» Problem to solve
Write all of the entries again. Keep them exactly as they are.

Records from a data source
==============================

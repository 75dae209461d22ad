// The relaxations of a run: a sweep by the table of the film's ordering, and its end as the run's answer, with the cells that proposals
// raised before it. Internal: `run` calls it.
//
// Proved: answer, counts and field are those of the film's own sweep in that ordering (crate `model`: Run).
#![tactic(auto)]

ghost use Rattle.std.specs.Prelude.{◌≡◌, List, ℕ, ◌^◌, ◌<◌, length};
ghost use Rattle.monotone.specs.Sweep.{begin, sweep as sweep_of};
ghost use Rattle.model.specs.Film.{weighted, size_of, rule};
ghost use Rattle.model.specs.Accepted.{Limited};
ghost use Rattle.model.specs.Result.{Gives};
ghost use Rattle.model.specs.Run.{ran_of, end_of, ended, ordering};
ghost use Rattle.sweep.specs.Sweep.{answer_of, counter_of};
ghost use Rattle.ordered_sweep.specs.Counts.{counts_in};

use model::{Counts, Film, Ran};
use pointwise::Counter;
use sweep::Swept;

fn counts(counter: Counter, accepted: u32) -> Counts
    requires { (counter.visits < 2 ^ 32) × (counter.raises < 2 ^ 32) }
    ensures { result ≡ counts_in counter accepted }
{
    Counts {
        visits: counter.visits as u32,
        raises: counter.raises as u32,
        accepted,
    }
}

// How a sweep ended, as the run answers it.
fn as_answer(swept: Swept, accepted: u32) -> Ran
    requires { ((counter_of swept).visits < 2 ^ 32) × ((counter_of swept).raises < 2 ^ 32) }
    ensures { ran_of result ≡ end_of (answer_of swept) (counts_in (counter_of swept) accepted) }
{
    match swept {
        Swept::Done(c) => Ran::Done(counts(c, accepted)),
        Swept::Stopped(c) => Ran::Stopped(counts(c, accepted)),
        Swept::Over(at, c) => Ran::Over(at, counts(c, accepted)),
    }
}

// The relaxations of a run, from a field that proposals have readied. The film's weights do not count.
pub fn relaxations(film: &Film, field: &mut [u32], budget: u32, order: u32, accepted: u32) -> Ran
    requires limited { (w : List ℕ) × Limited (weighted film.now w) }
    requires field { length field.old ≡ size_of film.now }
    ensures { Gives (ended (sweep_of (rule film.now) (ordering film.now order) budget (begin field.old)) accepted) (ran_of result) field.new }
{
    let n = field.len();
    let columns = film.head.columns as usize;
    let mut table = [0u16; 1024];
    order::fill_order(order, columns, n, &mut table);
    as_answer(
        sweep::sweep(film, &table[..n], field, budget as u64),
        accepted,
    )
}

==============================

» Reply
repository 75dae209461d22ad
// The relaxations of a run: a sweep by the table of the film's ordering, and its end as the run's answer, with the cells that proposals
// raised before it. Internal: `run` calls it.
//
// Proved: answer, counts and field are those of the film's own sweep in that ordering (crate `model`: Run).
#![tactic(auto)]

ghost use Rattle.std.specs.Prelude.{◌≡◌, List, ℕ, ◌^◌, ◌<◌, length};
ghost use Rattle.monotone.specs.Sweep.{begin, sweep as sweep_of};
ghost use Rattle.model.specs.Film.{weighted, size_of, rule};
ghost use Rattle.model.specs.Accepted.{Limited};
ghost use Rattle.model.specs.Result.{Gives};
ghost use Rattle.model.specs.Run.{ran_of, end_of, ended, ordering};
ghost use Rattle.sweep.specs.Sweep.{answer_of, counter_of};
ghost use Rattle.ordered_sweep.specs.Counts.{counts_in};

use model::{Counts, Film, Ran};
use pointwise::Counter;
use sweep::Swept;

fn counts(counter: Counter, accepted: u32) -> Counts
    requires { (counter.visits < 2 ^ 32) × (counter.raises < 2 ^ 32) }
    ensures { result ≡ counts_in counter accepted }
{
    Counts {
        visits: counter.visits as u32,
        raises: counter.raises as u32,
        accepted,
    }
}

// How a sweep ended, as the run answers it.
fn as_answer(swept: Swept, accepted: u32) -> Ran
    requires { ((counter_of swept).visits < 2 ^ 32) × ((counter_of swept).raises < 2 ^ 32) }
    ensures { ran_of result ≡ end_of (answer_of swept) (counts_in (counter_of swept) accepted) }
{
    match swept {
        Swept::Done(c) => Ran::Done(counts(c, accepted)),
        Swept::Stopped(c) => Ran::Stopped(counts(c, accepted)),
        Swept::Over(at, c) => Ran::Over(at, counts(c, accepted)),
    }
}

// The relaxations of a run, from a field that proposals have readied. The film's weights do not count.
pub fn relaxations(film: &Film, field: &mut [u32], budget: u32, order: u32, accepted: u32) -> Ran
    requires limited { (w : List ℕ) × Limited (weighted film.now w) }
    requires field { length field.old ≡ size_of film.now }
    ensures { Gives (ended (sweep_of (rule film.now) (ordering film.now order) budget (begin field.old)) accepted) (ran_of result) field.new }
{
    let n = field.len();
    let columns = film.head.columns as usize;
    let mut table = [0u16; 1024];
    order::fill_order(order, columns, n, &mut table);
    as_answer(
        sweep::sweep(film, &table[..n], field, budget as u64),
        accepted,
    )
}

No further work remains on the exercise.